Although the value of the estate of Mr. Young was collected into the treasury, it was never regarded as the absolute property of the Territory. In the territorial liabilities twenty-six hundred and fifteen dollars is given as “collected from the estate of Ewing Young.” In after years, when Oregon had been admitted into the Union, the value of his property was refunded to his son, Joaquin Young, who appeared and established his claim to the satisfaction of the authorities. Ewing Young, it seemed, had contracted a marriage with an Indian woman, in New Mexico, before going to California, the issue of which marriage was Joaquin, a personage who would have never been known in the history of Oregon if his father had died in the poorhouse — provided there had been one in Oregon.

When Ewing Young first came to Oregon, he was of the opinion that the land would be disposed of in large grants, as in California. In accordance with this impression, he made claim to practically all of the Chehalem Valley and was its nominal owner, without opposition, at the time of his death.

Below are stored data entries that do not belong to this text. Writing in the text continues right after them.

mod behind;
mod full;
mod order;
mod ready;
mod turns;
mod voids;
mod waiting;

ghost use Rattle.std.specs.Prelude.{◌≡◌, ◌≤◌, ◌<◌, ◌+◌, ◌^◌, ◌↔◌, ℕ, [], ◌∷◌, ◌++◌, length, IsTrue, IsFalse, IsNone, IfOk, IfSome, OnSome, OnOk, OnErr, option_map, slice_index_or, slice_set};
ghost use Rattle.lt_spec.specs.declared.moves.TheConstants.{MAX_MOVES};
ghost use Rattle.lt_spec.specs.World.{is_runnable, is_enabled, is_at_rest, anyone_waits, is_waiting, has_mail, logged, IsRun, moves_of};
ghost use Rattle.lt_spec.specs.FixedOrder.{pick, count_turns};
ghost use Rattle.lt_world.specs.Choice.{choice_of};
ghost use Rattle.lt_world.specs.Fields.{world_of};

use crate::choice::Choice;
use crate::network::Network;
use lt_merge::Run;
use lt_modes::Step;
use lt_script::Script;
use lt_spec::MAX_MOVES;
use lt_turns::Turns;
pub use ready::Ready;
use std::alloc::{AllocError, Global};
use std::marker::Model;
use turns::{note_turns, turns_of};

/// The nodes of a script, the letters on their way, and the run so far, with a copy of the script.
pub struct World {
    script: Script,
    limit: u32,
    network: Network,
    // How many moves each node has made.
    moves: Vec<u32>,
    // The clients that can act, each by the number of commands that it has made.
    turns: Turns,
    // No node has made more moves.
    most: u32,
}

impl Model for World {
    ghost use Rattle.lt_world.specs.Fields.{WorldData, Stands};

    ghost Value = { WorldData };

    ghost view = { λ w. record { script = w.script; limit = w.limit; run = w.network.run.entries } };

    ghost invariant = { λ w. Stands w.script w.limit w.most w.network.nodes.items w.network.inboxes w.moves.items w.turns w.network.out w.network.run.entries };
}

// Written out, so that all places which let a world go call this.
impl Drop for World {
    fn drop(self) {
        let World {
            script,
            limit: _,
            network,
            moves,
            turns,
            most: _,
        } = self;
        drop(script);
        drop(network);
        drop(moves);
        drop(turns);
    }
}

impl World {
    /// The world at the start of a script, in which a node may make up to `limit` moves.
    pub fn new(alloc: Global, script: &Script, limit: u32) -> Result<World, AllocError>
        requires { (0 < limit) × (limit ≤ MAX_MOVES) }
        ensures { IfOk result (λ w. w ≡ record { script = script.now; limit = limit; run = [] }) }
    {
        let network = Network::new(alloc, script)?;
        let moves = no_moves(alloc, script.nodes())?;
        let turns = turns_of(alloc, script, &network)?;
        let script = script.copy(alloc)?;
        Ok(World {
            script,
            limit,
            network,
            moves,
            turns,
            most: 0,
        })
    }

    /// Whether the node can make the move now.
    pub fn enabled(&self, choice: Choice) -> bool
        ensures { result ≡ is_enabled self.now.script (world_of self.now) choice.node choice.step }
    {
        match choice.step {
            Step::Act(client) => client < self.script.clients()
                && (self.script.home(client) == choice.node && self.is_runnable(client)),
            Step::Take(sender) => self.has_mail(sender, choice.node),
        }
    }

    /// Whether no move is enabled.
    pub fn at_rest(&self) -> bool
        ensures { result ≡ is_at_rest self.now.script (world_of self.now) }
    {
        if self.count_acts() > 0 {
            return false;
        }
        self.count_takes() == 0
    }

    /// The number of enabled moves.
    pub fn count(&self) -> u32
        ensures { result ≡ count_turns self.now.script (world_of self.now) }
    {
        self.count_takes() + self.count_acts()
    }

    /// Whether some client waits.
    pub fn anyone_waits(&self) -> bool
        ensures { result ≡ anyone_waits self.now.script (world_of self.now) }
    {
        for client in 0..self.script.clients() {
            if self.is_waiting(client) {
                return true;
            }
        }
        false
    }

    /// The enabled move at place `k`, from 0: takes before acts; takes by receiver and then by sender; acts by the number of
    /// commands that the client has made, and then in the order of the clients' declaration.
    #[inline(always)]
    pub fn pick(&self, k: u32) -> Option<Choice>
        ensures place { result ≡ option_map choice_of (pick self.now.script (world_of self.now) k) }
        ensures enabled { IfSome result (λ choice. IsTrue (is_enabled self.now.script (world_of self.now) choice.node choice.step)) }
        ensures none { IsNone result ↔ (count_turns self.now.script (world_of self.now) ≤ k) }
        ensures going { OnSome result (IsFalse (is_at_rest self.now.script (world_of self.now))) }
        ensures rest { IsNone result → k ≡ 0 → IsTrue (is_at_rest self.now.script (world_of self.now)) }
    {
        self.turn_at(k)
    }

    /// Makes an enabled move of a node that has made fewer moves than the limit.
    pub fn step(&mut self, choice: Choice) -> Result<(), AllocError>
        requires enabled { IsTrue (is_enabled self.old.script (world_of self.old) choice.node choice.step) }
        requires room { moves_of choice.node self.old.run < self.old.limit }
        ensures ok { OnOk result (self.new ≡ record self.old { run = self.old.run ++ logged self.old.script (world_of self.old) choice.node choice.step ∷ [] }) }
        ensures err { OnErr result (self.new ≡ self.old) }
    {
        self.network.step(&self.script, choice)?;
        count_move(&mut self.moves, &mut self.most, choice.node);
        note_turns(&mut self.turns, &self.script, &self.network, choice.step);
        Ok(())
    }

    /// The moves made so far.
    pub fn run(&self) -> &Run
        ensures { result.now.entries ≡ self.now.run }
    {
        &self.network.run
    }

    /// The moves made, without the world.
    pub fn into_run(self) -> Run
        ensures run { result.entries ≡ self.run }
        ensures is_run { IsRun self.script self.run }
    {
        let World {
            script,
            limit: _,
            network,
            moves,
            turns,
            most: _,
        } = self;
        drop(script);
        drop(moves);
        drop(turns);
        network.into_run()
    }

    // Whether the client has a command left that it can make now.
    fn is_runnable(&self, client: u16) -> bool
        requires { client < length self.now.script.clients }
        ensures { result ≡ is_runnable self.now.script (world_of self.now) client }
    {
        self.turns.number(client).is_some()
    }

    // Whether the client waits.
    fn is_waiting(&self, client: u16) -> bool
        requires { client < length self.now.script.clients }
        ensures { result ≡ is_waiting self.now.script (world_of self.now) client }
    {
        let home = usize::from(self.script.home(client));
        self.network.nodes[home].waits(client)
    }

    // Whether a letter is on its way from the sender to the receiver.
    fn has_mail(&self, sender: u8, receiver: u8) -> bool
        ensures { result ≡ has_mail self.now.script (world_of self.now) sender receiver }
    {
        let nodes = self.script.nodes();
        sender < nodes
            && (receiver < nodes
                && (sender != receiver && self.network.inboxes.has_mail(sender, receiver)))
    }
}

// No move of so many nodes.
fn no_moves(alloc: Global, nodes: u8) -> Result<Vec<u32>, AllocError>
    ensures count { IfOk result (λ moves. length moves.items ≡ nodes) }
    ensures none { IfOk result (λ moves. (q : ℕ) → slice_index_or moves.items q 0 ≡ 0) }
{
    let mut moves = Vec::new(alloc);
    moves.resize(usize::from(nodes), 0)?;
    Ok(moves)
}

// Counts a move of the node.
fn count_move(moves: &mut Vec<u32>, most: &mut u32, node: u8)
    requires node { node < length moves.old.items }
    requires few { slice_index_or moves.old.items node 0 + 1 < 2 ^ 32 }
    ensures moves { moves.new.items ≡ slice_set moves.old.items node (slice_index_or moves.old.items node 0 + 1) }
    ensures own { slice_index_or moves.old.items node 0 + 1 ≤ most.new }
    ensures most { most.old ≤ most.new }
{
    let made = &mut moves[usize::from(node)];
    *made += 1;
    *most = (*most).max(*made);
}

In 1845, there came to the valley a man named Sydney Smith, a grandnephew of Ethan Allen, of Ticonderoga fame, who secured employment on his farm. Young was said to be a hard man to get along with, but Smith appeared to understand him sufficiently well to smooth over the rough places and they were great friends at the time of Young’s death. Smith was born in New York State in 1809 and came to Oregon with a score of other young men, making the entire trip on horseback. Upon Young’s death and the settlement of his estate, Sydney Smith purchased as much of the land as he could lawfully hold, including the houses and other improvements. He was then thirty-two years old and single.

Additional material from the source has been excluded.